Authors:
(1) Florian Gnadlinger, Faculty of Computer Science, Communication, and Economics, University of Applied Sciences Berlin, Germany;
(2) Simone Kriglstein, Faculty of Informatics, Masaryk University, Czech Republic.
Table of Links
Abstract and 1 Introduction
2 Background
3 Methode & Results
4 Discussion
5 Conclusion and References
Abstract: This contribution draws attention to implications connected with meta-architectural design decisions for intelligent tutoring systems in the context of formative assessments. As a first result of addressing this issue, this contribution presents a meta-architectural system design that includes the role of educators.
1 INTRODUCTION
According to an ongoing systematic literature review and similar reviews that have already been conducted [1–3], we see evidence that intelligent tutoring systems are developed from a conceptual perspective in a black-box manner for the actual participants of educational assessment scenarios.
This emphasizes the necessity to examine system designs, employed algorithms, and the conceptual implementation of pedagogical-psychological models in intelligent tutoring systems to enhance explainability and transparency for all stakeholders. A first step to do so is to reflect on intelligent tutoring systems beyond their current borders and to question:
RQ1: How can we incorporate the role of educators into meta-architectural designs of intelligent tutoring systems to foster their explainability and transparency?
2 BACKGROUND
Competency-based learning (or competency-based education and related synonyms as discussed in [4]) refers to a pedagogical approach that supports the development of practical skills and behaviors that are necessary for success in real-world situations [5, 6]. A revised definition of competency-based learning distinguishes this concept into seven major aspects [6, 7]. Two of these aspects address the assessment of competencies: “…(2) assessment is meaningful, timely, relevant, and actionable evidence; … (4) students’ assessment is based on evidence of mastery; [6, p.1904]”(retrieved from Levine & Patrick [7]).

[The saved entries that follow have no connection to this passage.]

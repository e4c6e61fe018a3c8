ghost use Rattle.std.specs.Prelude.{◌≡◌, ◌≢◌, ◌<◌, ◌≤◌, ◌+◌, [], ◌∷◌, length, drop, reverse, slice_get, Some, None, Option, ℕ, ℤ, List, IfSome, IfNone, IfOk, IfErr, pos, map};
ghost use Rattle.kts_base.specs.Limits.{most_arguments};
ghost use Rattle.kts_abs.specs.declared.truth.Tri.{Tri as Tri_};
ghost use Rattle.kts_abs.specs.Values.{Abs};
ghost use Rattle.kts_abs.specs.Windows.{Window as Window_};
ghost use Rattle.kts_code.specs.HeadSteps.{tuple_of};
ghost use Rattle.kts_code.specs.Operands.{trap, push, two_windows, two_truths, one_truth, on_gate, on_same, on_access, read_at, sets_of};
ghost use Rattle.kts_code.specs.States.{Core, Operand as Operand_, Win, Set, Truth};
ghost use Rattle.kts_spec.specs.declared.declarations.Family.{Family as Family_};
ghost use Rattle.kts_machine.specs.Items.{items_of, positions_of, sets_of as values_of};
ghost use Rattle.kts_machine.specs.OperandViews.{shown, same_in};
ghost use Rattle.kts_machine.specs.Sums.{IsGatedSum};

use crate::demands::only_tuple;
use crate::operand::Operand;
use crate::stack::Stack;
use crate::up_to_two::UpToTwo;
use kts_abs::{Operand as Allows, Tri, add, gate, same};
use kts_code::TrapKind;
use kts_semi::Window;
use kts_sets::Choice;

impl<const W: usize> Stack<W> {
    /// The two topmost operands, the top last.
    #[inline(always)]
    pub fn two(&self) -> Option<(Operand<W>, Operand<W>)>
        ensures some { IfSome result (λ x. self.now.items ≡ shown x.1 ∷ (shown x.0 ∷ drop 2 self.now.items)) }
        ensures none { IfNone result (length self.now.items < 2) }
    {
        match (self.at(1), self.at(0)) {
            (Some(below), Some(top)) => Some((below, top)),
            _ => None,
        }
    }

    /// The topmost operand where it is a window.
    #[inline(always)]
    pub fn top_window(&self) -> Option<Window>
        requires { W ≤ 1024 }
        ensures { IfSome result (λ w. self.now.items ≡ Win w ∷ drop 1 self.now.items) }
    {
        match self.at(0) {
            Some(top) => top.window(),
            None => None,
        }
    }

    /// The topmost operand where it is a set of members of this index.
    #[inline(always)]
    pub fn top_set(&self, index: u32) -> Option<Choice<W>>
        requires { W ≤ 1024 }
        ensures { IfSome result (λ ms. self.now.items ≡ Set index (map pos ms) ∷ drop 1 self.now.items) }
    {
        match self.at(0) {
            Some(top) => top.set(index),
            None => None,
        }
    }

    /// The member of the topmost operand, where it is a set of one member of this index.
    #[inline(always)]
    pub fn top_member(&self, index: u32) -> Option<usize>
        requires { W ≤ 1024 }
        ensures { IfSome result (λ member. self.now.items ≡ Set index (pos member ∷ []) ∷ drop 1 self.now.items) }
    {
        match self.top_set(index) {
            Some(members) => members.single(),
            None => None,
        }
    }

    /// The sum of the third operand with the topmost one under the condition between them.
    #[inline(always)]
    pub fn gated_sum(&self) -> Option<Window>
        requires { W ≤ 1024 }
        ensures { IfSome result (λ sum. IsGatedSum self.now.items sum) }
    {
        match (self.at(2), self.at(1), self.at(0)) {
            (Some(sum), Some(condition), Some(top)) => {
                match (sum.window(), condition.truth(), top.window()) {
                    (Some(a), Some(t), Some(w)) => add(&a, &gate(t, &w)),
                    _ => None,
                }
            }
            _ => None,
        }
    }

    /// The two topmost operands where they are windows.
    #[inline(always)]
    pub fn two_windows(&self) -> Result<(Window, Window), TrapKind>
        requires { W ≤ 1024 }
        ensures ok { IfOk result (λ w. self.now.items ≡ Win w.1 ∷ (Win w.0 ∷ drop 2 self.now.items)) }
        ensures err { IfErr result (λ kind. (s : Core) (go : Window_ → Window_ → List Operand_ → Core)
            → two_windows self.now.items s go ≡ trap kind s) }
    {
        match self.two() {
            Some((below, top)) => match (below.window(), top.window()) {
                (Some(a), Some(b)) => Ok((a, b)),
                _ => Err(TrapKind::Kind),
            },
            None => Err(TrapKind::Underflow),
        }
    }

    /// The two topmost operands where they are truth values.
    #[inline(always)]
    pub fn two_truths(&self) -> Result<(Tri, Tri), TrapKind>
        requires { W ≤ 1024 }
        ensures ok { IfOk result (λ t. self.now.items ≡ Truth t.1 ∷ (Truth t.0 ∷ drop 2 self.now.items)) }
        ensures err { IfErr result (λ kind. (s : Core) (go : Tri_ → Tri_ → List Operand_ → Core)
            → two_truths self.now.items s go ≡ trap kind s) }
    {
        match self.two() {
            Some((below, top)) => match (below.truth(), top.truth()) {
                (Some(a), Some(b)) => Ok((a, b)),
                _ => Err(TrapKind::Kind),
            },
            None => Err(TrapKind::Underflow),
        }
    }

    /// The topmost operand where it is a truth value.
    #[inline(always)]
    pub fn one_truth(&self) -> Result<Tri, TrapKind>
        requires { W ≤ 1024 }
        ensures ok { IfOk result (λ t. self.now.items ≡ Truth t ∷ drop 1 self.now.items) }
        ensures err { IfErr result (λ kind. (s : Core) (go : Tri_ → List Operand_ → Core)
            → one_truth self.now.items s go ≡ trap kind s) }
    {
        match self.at(0) {
            Some(top) => match top.truth() {
                Some(t) => Ok(t),
                None => Err(TrapKind::Kind),
            },
            None => Err(TrapKind::Underflow),
        }
    }

    /// A truth value, and the window on top of it.
    #[inline(always)]
    pub fn gated_window(&self) -> Result<(Tri, Window), TrapKind>
        requires { W ≤ 1024 }
        ensures ok { IfOk result (λ x. self.now.items ≡ Win x.1 ∷ (Truth x.0 ∷ drop 2 self.now.items)) }
        ensures err { IfErr result (λ kind. (places : ℕ) (s : Core) → on_gate places s self.now.items ≡ trap kind s) }
    {
        match self.two() {
            Some((below, top)) => match (below.truth(), top.window()) {
                (Some(t), Some(w)) => Ok((t, w)),
                _ => Err(TrapKind::Kind),
            },
            None => Err(TrapKind::Underflow),
        }
    }

    /// Whether the two topmost operands, sets of members of one index, are one and the same member.
    #[inline(always)]
    pub fn same(&self) -> Result<Tri, TrapKind>
        requires { W ≤ 1024 }
        ensures there { IfOk result (λ t. 2 ≤ length self.now.items) }
        ensures ok { IfOk result (λ t. (places : ℕ) (s : Core)
            → on_same places s self.now.items ≡ push places s (Truth t) (drop 2 self.now.items)) }
        ensures err { IfErr result (λ kind. (places : ℕ) (s : Core) → on_same places s self.now.items ≡ trap kind s) }
    {
        match self.two() {
            Some((below, top)) => same_member(&below, &top).ok_or(TrapKind::Kind),
            None => Err(TrapKind::Underflow),
        }
    }

    /// The set of this index below `depth` others.
    #[inline(always)]
    fn set_at(&self, depth: usize, index: u32) -> Option<Choice<W>>
        requires { W ≤ 1024 }
        ensures some { IfSome result (λ ms. slice_get self.now.items depth ≡ Some (Set index (map pos ms))) }
        ensures none { IfNone result ((ms : List ℤ) → slice_get self.now.items depth ≢ Some (Set index ms)) }
    {
        match self.at(depth) {
            Some(x) => x.set(index),
            None => None,
        }
    }

    /// The sets of these indexes below `depth` others, the last index on top.
    pub fn sets(&self, indexes: &[u32], depth: usize) -> Option<UpToTwo<Choice<W>>>
        requires few_words { W ≤ 1024 }
        requires few { length indexes.now ≤ most_arguments }
        requires near { depth ≤ 1 }
        ensures long { IfSome result (λ sets. length indexes.now ≡ length (items_of sets)) }
        ensures some { IfSome result (λ sets. sets_of (reverse indexes.now) (drop depth self.now.items) []
            ≡ Some (values_of sets, drop (depth + length indexes.now) self.now.items)) }
        ensures none { IfNone result (sets_of (reverse indexes.now) (drop depth self.now.items) [] ≡ None) }
    {
        if indexes.is_empty() {
            return Some(UpToTwo::Zero);
        }
        if indexes.len() == 1 {
            return self.one_set(indexes[0], depth);
        }
        self.two_sets(indexes[0], indexes[1], depth)
    }

    /// The arguments of a family that are on top, and what an access to it does.
    pub fn arguments(&self, indexes: &[u32]) -> Result<UpToTwo<Choice<W>>, TrapKind>
        requires few_words { W ≤ 1024 }
        requires few { length indexes.now ≤ most_arguments }
        ensures long { IfOk result (λ sets. length indexes.now ≡ length (items_of sets)) }
        ensures there { IfOk result (λ sets. length indexes.now ≤ length self.now.items) }
        ensures ok { IfOk result (λ sets. (places : ℕ) (s : Core) (family : Family_) (place : List ℤ → Option ℕ) (cells : List Abs)
            → s.stack ≡ self.now.items → family.args ≡ indexes.now
            → on_access places s family place cells ≡ push places s (read_at family place cells (values_of sets)) (drop (length indexes.now) self.now.items)) }
        ensures err { IfErr result (λ kind. (places : ℕ) (s : Core) (family : Family_) (place : List ℤ → Option ℕ) (cells : List Abs)
            → s.stack ≡ self.now.items → family.args ≡ indexes.now
            → on_access places s family place cells ≡ trap kind s) }
    {
        if self.len() < indexes.len() {
            return Err(TrapKind::Underflow);
        }
        match self.sets(indexes, 0) {
            Some(sets) => Ok(sets),
            None => Err(TrapKind::Kind),
        }
    }

    /// The members that are the arguments of a cell, below one other operand.
    pub fn tuple(&self, indexes: &[u32]) -> Option<UpToTwo<usize>>
        requires few_words { W ≤ 1024 }
        requires few { length indexes.now ≤ most_arguments }
        ensures long { IfSome result (λ tuple. length indexes.now ≡ length (items_of tuple)) }
        ensures some { IfSome result (λ tuple. tuple_of (sets_of (reverse indexes.now) (drop 1 self.now.items) [])
            ≡ Some (positions_of tuple, drop (1 + length indexes.now) self.now.items)) }
        ensures none { IfNone result (tuple_of (sets_of (reverse indexes.now) (drop 1 self.now.items) []) ≡ None) }
    {
        match self.sets(indexes, 1) {
            Some(sets) => only_tuple(&sets),
            None => None,
        }
    }

    fn one_set(&self, index: u32, depth: usize) -> Option<UpToTwo<Choice<W>>>
        requires { W ≤ 1024 }
        ensures long { IfSome result (λ sets. length (items_of sets) ≡ 1) }
        ensures some { IfSome result (λ sets. sets_of (index ∷ []) (drop depth self.now.items) []
            ≡ Some (values_of sets, drop (depth + 1) self.now.items)) }
        ensures none { IfNone result (sets_of (index ∷ []) (drop depth self.now.items) [] ≡ None) }
    {
        match self.set_at(depth, index) {
            Some(members) => Some(UpToTwo::One(members)),
            None => None,
        }
    }

    fn two_sets(&self, first: u32, last: u32, depth: usize) -> Option<UpToTwo<Choice<W>>>
        requires few_words { W ≤ 1024 }
        requires near { depth ≤ 1 }
        ensures long { IfSome result (λ sets. length (items_of sets) ≡ 2) }
        ensures some { IfSome result (λ sets. sets_of (last ∷ first ∷ []) (drop depth self.now.items) []
            ≡ Some (values_of sets, drop (depth + 2) self.now.items)) }
        ensures none { IfNone result (sets_of (last ∷ first ∷ []) (drop depth self.now.items) [] ≡ None) }
    {
        match self.set_at(depth, last) {
            Some(others) => match self.set_at(depth + 1, first) {
                Some(members) => Some(UpToTwo::Two(members, others)),
                None => None,
            },
            None => None,
        }
    }
}

// The answer for two sets of members of one index.
#[inline(always)]
fn same_member<const W: usize>(below: &Operand<W>, top: &Operand<W>) -> Option<Tri>
    ensures { result ≡ same_in (shown below.now) (shown top.now) }
{
    match below {
        Operand::Set(index, members) => match top.set(*index) {
            Some(others) => Some(same(members, &others)),
            None => None,
        },
        Operand::Win(_) => None,
        Operand::Truth(_) => None,
    }
}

Formative assessments are a major form of assessing competencies [8–11]. Usually, these kinds of assessments are typically incremental [9, 10, 12] and inform not only learners about their current state but also educators about the effectiveness of their pedagogical and didactical methods [11]. To design, develop, and implement formative assessments, various methodologies have been developed to derive these information for educators, for example, the ADDIE Model [13], Four – Component Instructional Design (4C/ID) [14] or the Evidence Centered-Design Framework (ECD) [15].
The ECD is based on the idea that when learners fulfill tasks, they create some kind of result (work product) that incorporates, to some degree, the learner’s competence level [16]. Hence, extracting evidence from the work products within a defined evidence identification process leads to claims about certain competencies [15, 17, 18]. Collecting and storing these beliefs result in an individual description of each learner, a learner model. Thus, before constructing the actual assessment, it is necessary to reflect on all those stated parts and other aspects as well [15].
Educators usually act in a similar (but far less formal) way to develop and apply formative assessments in their educational settings, which costs them a lot of time. A recent McKinsey study ([19]) with a focus on K-12 teachers in the US, UK, CA, and SG reveals that they spend 34% of their time on preparation, evaluation, and feedback tasks [19, 20].
Hence, researchers and developers have been eager to tailor computer-based learning experiences to the learner´s needs by using evidence about competencies to adapt the learning process autonomously [21– 23]. To achieve this, such systems incorporate learner models, task (or more general domain) models, and automated evidence identification processes and use those to generate adaption recommendations. Examples of conceptional formulations for such systems could be recommending the next best-fitting learning object (e.g., a task with a specific difficulty), finding a sequence of novel courses, or supporting the search for learning peers [24, 25].
Nowadays, advanced systems are able to mimic the behaviors of human tutors by using artificial intelligence, which results in their classification as intelligent tutoring systems [26, 27]. To do so, these systems not only incorporate learner models and domain models but also so-called tutor models. The tutor model is the decision entity that schedules pedagogical or didactical interventions according to the state of the learner model as a response to the learner’s interaction [28]. As a result of this perspective, intelligent tutoring systems are designed and developed according to the meta-architectural approach illustrated by the gray elements in Figure 1 (see [26, 28–30]).